# [Wet Thumb Forum]-Hagen Green-X Phosphate Remover



## codeflag99 (Mar 19, 2004)

What is it?

Is it a resin? Or is it iron oxide based?

Does anyone know?


----------



## codeflag99 (Mar 19, 2004)

What is it?

Is it a resin? Or is it iron oxide based?

Does anyone know?


----------



## Cavan Allen (Jul 22, 2004)

Why do you think you need it?


----------



## codeflag99 (Mar 19, 2004)

I have been using it starting up a new Central American cichlid tank.

I was just curious if anyone here had information on which method of removing P the product was using.

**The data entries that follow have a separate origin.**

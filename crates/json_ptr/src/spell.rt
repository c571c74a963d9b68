ghost use Rattle.std.specs.Prelude.{◌≡◌, ◌++◌, ◌∷◌, OnOk, IfOk, string_bytes};
ghost use Rattle.std.specs.Char.{encode_utf8};
ghost use Rattle.spec_documents.specs.Place.{escaped, pointer_text as text_of_pointer};

use crate::Pointer;
use n32_values::{NoMemory, Text};
use std::alloc::Global;

/// The text of a pointer (RFC 6901, section 3): before each token a `/`, with `~` as `~0` and `/` as `~1`.
pub fn pointer_text(alloc: Global, pointer: &Pointer) -> Result<Text, NoMemory>
    ensures { IfOk result (λ t. t ≡ text_of_pointer pointer.now) }
{
    let mut out = String::new(alloc);
    for i in 0..pointer.len() {
        push_token(&mut out, pointer.token(i).as_str())?;
    }
    Ok(Text::from_string(out))
}

fn push_token(out: &mut String, token: &str) -> Result<(), NoMemory>
    ensures { OnOk result (string_bytes out.new ≡ string_bytes out.old ++ 47 ∷ escaped token.now) }
{
    out.push_str("/")?;
    for c in token.chars() {
        push_escaped(out, c)?;
    }
    Ok(())
}

fn push_escaped(out: &mut String, c: char) -> Result<(), NoMemory>
    ensures { OnOk result (string_bytes out.new ≡ string_bytes out.old ++ escaped (encode_utf8 c)) }
{
    if c == '~' {
        out.push_str("~0")?;
    } else if c == '/' {
        out.push_str("~1")?;
    } else {
        out.push(c)?;
    }
    Ok(())
}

I've never had a need for it before in the planted tanks.

George


----------



## Roger Miller (Jun 19, 2004)

Umm... If you're already using it, shouldn't you know what it is?


Roger Miller


----------



## codeflag99 (Mar 19, 2004)

Yes, but I was wondering if anyone knew what it was actually made of.

Hagen doesn't list it in their MSDS sheets.


----------



## Cavan Allen (Jul 22, 2004)

I'd look up their 800 number and call them.


----------



## Roger Miller (Jun 19, 2004)

What does it look like?

Roger Miller


----------